The sharing_flags bitmap.
clone() also supports many other options; see man clone.
Tasks and Thread ID. The terminology here can definitely be a little confusing. In addition, we'll describe things from the users/programmers perspective, but it turns out that "under the hood" Linux actually uses different terms (for instance, PID means something different inside the kernel/scheduler than it does at the syscall level used by the programmer). From the user's/programmer's perspective:
For Linux, every independent unit of execution is considered to be a "task".
Technically, every task has a unique "thread" associated with it. A "task" and a "thread" are not literally the same thing -- but there's a 1 to 1 correspondence between them, so you can basically treat a task as a thread. For instance, If you look at the headers for Linux scheduler (sched.h), there are many instances of both the term thread and the term task, but they are distinguished.
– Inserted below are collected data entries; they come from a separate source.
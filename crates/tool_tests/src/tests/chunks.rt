// What a `read` costs, and what it gives where an entry is written anew.

use super::*;
use std::test::Fail;

fn add_head(alloc: Global, script: &mut Bytes, len: usize) -> Result<(), NoMemory> {
    script.extend(b"create 0 :x\nappend 0 ")?;
    script.extend_decimal(alloc, len as u64)?;
    script.push(b'\n')
}

fn add_body(script: &mut Bytes, byte: u8, len: usize) -> Result<(), NoMemory> {
    for _ in 0..len {
        script.push(byte)?;
    }
    Ok(())
}

// Adds what makes an entry of so many bytes in slot 0, opens it in slot 1 and goes on like this.
fn add_entry(
    alloc: Global,
    script: &mut Bytes,
    byte: u8,
    len: usize,
    rest: &[u8],
) -> Result<(), NoMemory> {
    add_head(alloc, script, len)?;
    add_body(script, byte, len)?;
    script.extend(b"\nclose 0\nopen 1 :x\n")?;
    script.extend(rest)
}

// How many calls the script makes, and whether this is what it prints at the end.
fn costs_on(
    alloc: Global,
    disk: &mut MemDisk,
    script: &[u8],
    text: &[u8],
) -> Result<(u64, bool), Fail> {
    let (status, printed) = ends(alloc, disk, "1000 run", script)?;
    let so = status == Status::Done && printed.as_slice().ends_with(text);
    Ok((disk.calls(), so))
}

// The same of an empty disk, where an entry of two chunks is made first.
fn costs(alloc: Global, rest: &[u8], text: &[u8]) -> Result<(u64, bool), Fail> {
    let mut script = Bytes::new(alloc);
    add_entry(alloc, &mut script, b'a', 262_145, rest)?;
    let mut disk = MemDisk::new(alloc);
    costs_on(alloc, &mut disk, script.as_slice(), text)
}

const ONE: (&[u8], &[u8]) = (b"read 1 0 4\n", b"ok\ndata 4\naaaa\n");

const TWO: (&[u8], &[u8]) = (b"read 1 0 4\nread 1 0 4\n", b"data 4\naaaa\ndata 4\naaaa\n");

const MORE: (&[u8], &[u8]) = (
    b"read 1 0 4\nread 1 262144 9\nread 1 9 1\n",
    b"data 4\naaaa\ndata 1\na\ndata 1\na\n",
);

#[test]
fn a_chunk_is_read_once(rt: HostRuntime) -> Result<(), Fail> {
    let (one, is_one) = costs(rt.alloc(), ONE.0, ONE.1)?;
    let (two, is_two) = costs(rt.alloc(), TWO.0, TWO.1)?;
    let (more, is_more) = costs(rt.alloc(), MORE.0, MORE.1)?;
    assert!(rt; is_one && is_two && is_more);
    assert!(rt;
        two == one && more.checked_sub(1) == Some(one),
        "{one}, {two}, {more} calls"
    );
    Ok(())
}

// Two entries of one name: the first is doomed while a reader has it open.
fn add_both(alloc: Global, script: &mut Bytes) -> Result<(), NoMemory> {
    let first = b"open 3 :x\nread 3 262142 4\ndoom :x\nclose 1\n";
    add_entry(alloc, script, b'a', 524_288, first)?;
    let then = b"read 1 262142 4\nread 3 262142 4\nread 1 0 1\n";
    add_entry(alloc, script, b'b', 524_288, then)
}

const BOTH: &[u8] = b"ok\nok\nok\nok\nok\ndata 4\naaaa\n\
    ok\nok\nok\nok\nok\nok\ndata 4\nbbbb\ndata 4\naaaa\ndata 1\nb\n";

fn prints_both(alloc: Global, script: &[u8]) -> Result<bool, Fail> {
    let mut disk = MemDisk::new(alloc);
    comes_so(alloc, &mut disk, &("1000 run", script, Status::Done, BOTH))
}

// The reader of a doomed entry reads its chunks, and one of the new entry the others.
#[test]
fn chunks_of_a_doomed_entry_are_its_own(rt: HostRuntime) -> Result<(), Fail> {
    let mut script = Bytes::new(rt.alloc());
    add_both(rt.alloc(), &mut script)?;
    assert!(rt; prints_both(rt.alloc(), script.as_slice())?);
    Ok(())
}
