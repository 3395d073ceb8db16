use super::*;
use cache_io::{MemSink, MemSource};
use std::test::Fail;

// Whether a `put` of `hello` is answered, and writes its file.
fn puts_hello(alloc: Global, disk: &mut MemDisk) -> Result<bool, Fail> {
    let so = comes_so(alloc, disk, &(PUT, b"hello", Status::Done, b"ok\n"))?;
    Ok(so && holds(disk, KEY, Some(FILE)))
}

#[test]
fn a_put_writes_the_entry_file(rt: HostRuntime) -> Result<(), Fail> {
    let mut disk = MemDisk::new(rt.alloc());
    assert!(rt; puts_hello(rt.alloc(), &mut disk)?);
    Ok(())
}

const MALFORMED: [&str; 16] = [
    "",
    "1000",
    "1000 put",
    "1000 doom",
    "1000 run x",
    "1000 flush x",
    "1000 list x",
    "1000 rebuild x",
    "x flush",
    "007 run",
    "x put :x",
    "007 put :x",
    "+7 put :x",
    "4294967296 put :x",
    "1000 got :x",
    "1000 put :x y",
];

// Whether no words are malformed, too.
fn no_words_are(alloc: Global, disk: &mut MemDisk) -> Result<bool, Fail> {
    let mut source = MemSource::new(alloc, bytes(alloc, b"hello")?);
    let mut sink = MemSink::new(alloc);
    Ok(call(alloc, disk, &[], &mut source, &mut sink) == Status::Words)
}

// Whether each of the lines is malformed, and so are no words.
fn are_malformed(alloc: Global, disk: &mut MemDisk) -> Result<bool, Fail> {
    for line in MALFORMED {
        if !comes_so(alloc, disk, &(line, b"hello", Status::Words, b""))? {
            return Ok(false);
        }
    }
    no_words_are(alloc, disk)
}

#[test]
fn malformed_words_call_nothing(rt: HostRuntime) -> Result<(), Fail> {
    let mut disk = MemDisk::new(rt.alloc());
    assert!(rt; are_malformed(rt.alloc(), &mut disk)? && disk.calls() == 0);
    Ok(())
}

// The length of a body, and what comes of a `put`: what is answered, what is printed, and the size
// of the file.
type Long<'a> = (usize, Status, &'a [u8], Option<usize>);

const LONG: [Long<'static>; 5] = [
    (0, Status::Done, b"ok\n", Some(62)),
    (262_144, Status::Done, b"ok\n", Some(262_208)),
    (262_145, Status::Done, b"ok\n", Some(262_211)),
    (52_428_800, Status::Done, b"ok\n", Some(52_429_262)),
    (52_428_801, Status::No, b"too large\n", None),
];

fn size_on(disk: &MemDisk) -> Option<usize> {
    match disk.file(&place_of(KEY)) {
        Some(file) => Some(file.len()),
        None => None,
    }
}

// Whether a row comes so.
fn puts_long_on(alloc: Global, disk: &mut MemDisk, row: &Long<'_>) -> Result<bool, Fail> {
    let (len, status, text, size) = *row;
    let body = vec![in alloc; 7u8; len]?;
    Ok(comes_so(alloc, disk, &(PUT, &body, status, text))? && size_on(disk) == size)
}

// The same over an entry that stands.
fn puts_long(alloc: Global, row: &Long<'_>) -> Result<bool, Fail> {
    let mut disk = disk_with(alloc, KEY, FILE)?;
    puts_long_on(alloc, &mut disk, row)
}

#[test]
fn a_body_has_at_most_52428800_bytes(rt: HostRuntime) -> Result<(), Fail> {
    for index in 0..LONG.len() {
        assert!(rt; puts_long(rt.alloc(), &LONG[index])?, "row {index}");
    }
    Ok(())
}

fn put_hello(alloc: Global, disk: &mut MemDisk, key: &str) -> Result<Status, Fail> {
    let mut line = String::from_str(alloc, "1000 put ")?;
    line.push_str(key)?;
    Ok(ends(alloc, disk, line.as_str(), b"hello")?.0)
}

// Puts `hello` under a key on an empty disk.
fn put_under(alloc: Global, key: &str) -> Result<Status, Fail> {
    let mut disk = MemDisk::new(alloc);
    put_hello(alloc, &mut disk, key)
}

const KEYS: [(&str, Status); 8] = [
    ("", Status::No),
    ("x", Status::No),
    ("a:x", Status::No),
    ("a,", Status::No),
    (":x\0", Status::No),
    (":x\ny", Status::No),
    (":", Status::Done),
    ("a,~x,,y,:https://x/", Status::Done),
];

fn add_letters(key: &mut String, len: u32) -> Result<(), Fail> {
    for _ in 0..len {
        key.push('x')?;
    }
    Ok(())
}

// Puts `hello` under a key with so many letters after the colon.
fn put_under_long(alloc: Global, len: u32) -> Result<Status, Fail> {
    let mut key = String::from_str(alloc, ":")?;
    add_letters(&mut key, len)?;
    put_under(alloc, key.as_str())
}

#[test]
fn keys_are_refused_by_their_bytes(rt: HostRuntime) -> Result<(), Fail> {
    for index in 0..KEYS.len() {
        let (key, status) = KEYS[index];
        assert!(rt; put_under(rt.alloc(), key)? == status, "key {index}");
    }
    assert!(rt; put_under_long(rt.alloc(), 16_383)? == Status::Done);
    assert!(rt; put_under_long(rt.alloc(), 16_384)? == Status::No);
    Ok(())
}

// Whether the source's second call fails, and no entry stands.
fn starves(alloc: Global, disk: &mut MemDisk) -> Result<bool, Fail> {
    let (status, printed) = ends_starved(alloc, disk, PUT, b"hello", 2, 3)?;
    Ok(status == Status::Source && printed.as_slice().is_empty() && holds(disk, KEY, None))
}

#[test]
fn a_failing_source_leaves_no_entry(rt: HostRuntime) -> Result<(), Fail> {
    let mut disk = MemDisk::new(rt.alloc());
    assert!(rt; starves(rt.alloc(), &mut disk)?);
    Ok(())
}

// Whether the sink's first call fails, and the entry stands.
fn is_cut(alloc: Global, disk: &mut MemDisk) -> Result<bool, Fail> {
    let (status, printed) = ends_cut(alloc, disk, PUT, b"hello", 1)?;
    Ok(status == Status::Sink && printed.as_slice().is_empty() && holds(disk, KEY, Some(FILE)))
}

#[test]
fn a_failing_sink_leaves_the_entry(rt: HostRuntime) -> Result<(), Fail> {
    let mut disk = MemDisk::new(rt.alloc());
    assert!(rt; is_cut(rt.alloc(), &mut disk)?);
    Ok(())
}

// How many calls a `put` of `hello` makes.
fn calls_of_put(alloc: Global) -> Result<u64, Fail> {
    let mut disk = MemDisk::new(alloc);
    ends(alloc, &mut disk, PUT, b"hello")?;
    Ok(disk.calls())
}

// Each call of the disk ends the run: those of the opening, those that make and write the entry, and those of the
// closing. The reply goes out after that.
#[test]
fn each_failing_disk_call_ends_the_run(rt: HostRuntime) -> Result<(), Fail> {
    let calls = calls_of_put(rt.alloc())?;
    for number in 1..100u32 {
        if u64::from(number) > calls {
            break;
        }
        let disk = MemDisk::new(rt.alloc());
        let so = fails_at(rt.alloc(), disk, PUT, b"hello", number)?;
        assert!(rt; so, "at call {number}");
    }
    Ok(())
}

// Whether a file of this size stands aside that is empty or ends with the stop tail.
fn is_left(disk: &MemDisk, size: usize) -> bool {
    match disk.file(&Place::Doomed(0)) {
        Some(file) => file.len() == size
            && (file.is_empty() || file.ends_with(b"\xff\xff\xff\xff")),
        None => false,
    }
}

// Whether a `put` of this body ends with the disk's call of that number, and leaves so much.
fn leaves_on(
    alloc: Global,
    disk: &mut MemDisk,
    body: &[u8],
    number: u32,
    size: usize,
) -> Result<bool, Fail> {
    disk.fail_at(one_number(alloc, number)?);
    let (status, _) = ends(alloc, disk, PUT, body)?;
    Ok(status == Status::Disk && is_left(disk, size))
}

fn leaves(alloc: Global, body: &[u8], number: u32, size: usize) -> Result<bool, Fail> {
    let mut disk = MemDisk::new(alloc);
    leaves_on(alloc, &mut disk, body, number, size)
}

const LEFT: [(u32, usize); 3] = [
    (OPENING + 2, 0),
    (OPENING + 3, 262_148),
    (OPENING + 4, 524_292),
];

// What stands after each call of a `put` of two chunks that a stop ends: nothing that has been finished.
#[test]
fn a_stop_leaves_an_unfinished_file(rt: HostRuntime) -> Result<(), Fail> {
    let body = vec![in rt.alloc(); 7u8; 524_289]?;
    for index in 0..LEFT.len() {
        let (number, size) = LEFT[index];
        let so = leaves(rt.alloc(), &body, number, size)?;
        assert!(rt; so, "at call {number}");
    }
    Ok(())
}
A single-threaded process is therefore represented by just a single "task".
A multi-threaded process has multiple "tasks", all belonging to that one process (and thus all have the same PID). Formally, all threads in a process are considered to be part of the same "thread group", so you'll sometimes see references to the "thread group ID" (TGID), which is the same as the PID (from the programmer's perspective).
The PID is a standard part of Unix. Linux further adds a "thread ID" (TID), which uniquely identifies each thread (and implicitly identifies the task).
For scheduling purposes, Linux works off of the TID. However, the scheduler may be aware of which process (PID/TGID) each thread belongs to,
in order to ensure that each process gets a fair share of the CPU time, for instance when some but not all processes have many threads.
Threads are sometimes referred to as "light-weight processes" (LWP). Some command-line tools therefore refer to the TID as the "LWP" number of the thread.
For our purposes, in a multithreaded Linux environment, we can thus consider a task and a thread to be analogous, and remember the TID represents the thread_id.
Summary / Key Points
Compared to multiprocessing on the same problem, multithreading is much faster. Threads are faster to create, destroy, and switch between.
A process is a unit of resource allocation and protection, while a thread is a unit of execution.
Like a process, a thread may be in the Running, Ready, or Blocked state.
Threads of a process all share the process' resources, generally speaking.
The main limitation of ULTs is that a syscall by one thread can block all the threads of the process
Each thread must have its own "context" (registers and flags), state, and executable stack.
The main limitations of KLTs are the fact that a thread switch requires a mode switch to the kernel (unlike ULTs), and the difficult design decisions related to forks, signals, resource sharing, and synchronization.
Linux uses a KLT approach to thread implementation. The POSIX standard pthread library is employed in user space, and threads are identified by a unique TID. However, the kernel space implementation suports advanced (optional) features that are not compatible with traditional Unix.